The Aug. 22 hearing revolved around a home video played in court during a series of victim impact statements in April. The video, shown following emotional testimony from Bower’s parents, included family photos and a recording of Bower singing The Beatles' “Blackbird.” But the video was never added to the court record.

In court Tuesday, representatives for the District Attorney’s Office, Thomas’s defense and the Office of Victims' Rights discussed the video and ways to include the whole thing with the official court record. While the audio portion of the video was captured by courtroom microphones, the images were not. The images are “significant” to Thomas’s appeal, according to his attorney, but state statute prohibits the Office of Victims' Rights from providing anything from its own files, according to court documents.

So the judge set a new deadline: By Sept. 6, the Office of Victims' Rights is required to provide a brief on its ability to obtain the video from Linda Bower’s family. Meanwhile, Thomas’s attorney on Aug. 23 filed a motion to stay the appellate court proceedings. A pre-trial conference is set to take place in Sept. 25.
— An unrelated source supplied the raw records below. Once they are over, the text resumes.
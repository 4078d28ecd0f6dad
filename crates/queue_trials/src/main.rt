// A few thousand pseudo-random calls on two queues at once, which must answer alike.
#![tactic(auto)]

mod pair;

use crate::pair::{Seen, mixed, tied};
use dice::ShortDice;
use heap::Heap;
use measure::Measure;
use measure::by_length::Length;
use measure::by_locks::LocksFirst;
use queue_tests::Fresh;
use std::alloc::Global;
use table::Table;
use yard_queue::Watched;

// Marks of both queues.
const MARKS: usize = 200;

// A heap that the yard watches, against a table.
fn trial<M: Measure>(heap: Global, measure: &M, seed: u64) -> anyhow::Result<Seen> {
    let queue = Heap::<M::Cost>::fresh(heap, MARKS)?;
    let mut watched = Watched { queue, changes: 0 };
    let mut table = Table::<M::Cost>::fresh(heap, MARKS)?;
    let mut dice = ShortDice::new(seed);
    let seen = mixed(measure, &mut watched, &mut table, &mut dice)?;
    tied(measure, &mut watched, &mut table, &mut dice)?;
    Ok(seen)
}

fn tell(rt: &HostRuntime, name: &str, seen: Seen) -> anyhow::Result<()> {
    println!(rt; "{name}: {seen}, all alike")?;
    Ok(())
}

fn run(rt: &HostRuntime) -> anyhow::Result<()> {
    let heap = rt.alloc();
    tell(rt, "length", trial(heap, &Length, 1)?)?;
    tell(rt, "locks first", trial(heap, &LocksFirst, 2)?)
}

fn main(rt: HostRuntime) -> anyhow::Result<()> {
    run(&rt)
}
For Bowers’ mother and stepfather, Sherry and Bradley Miller, it’s one more court date in a long list of court dates that have passed since Sept. 10, 2014.

“It just feels like the state doesn’t care about the victims,” said Bradley Miller, speaking by phone two days after the latest hearing.

Bower’s family was thrilled to see the plea deal rejected in April, they said, but the slow pace of the proceedings was still painful and discouraging. In the two years and eleven months since his stepdaughter was murdered, Bradley Miller said, he’s seen other cases come and go, with defendants beginning their sentences while the man charged with Linda’s death had yet to be convicted.

“It just doesn’t make any sense,” he said.

While Sherry Miller said she’s willing to give the video of her daughter to the court, her feelings were mixed. She felt resentful and uncertain about how defense attorneys would use the video, she said. At the same time, she said, she worried withholding the video could delay the process even longer.

“We’re not close to an end in this, and that’s my biggest fear: People are going to forget,” she said. “But this is important.”

Thomas is tentatively scheduled to go to trial Oct. 9, according to court records

Contact Star reporter Kirsten Swann at [email protected]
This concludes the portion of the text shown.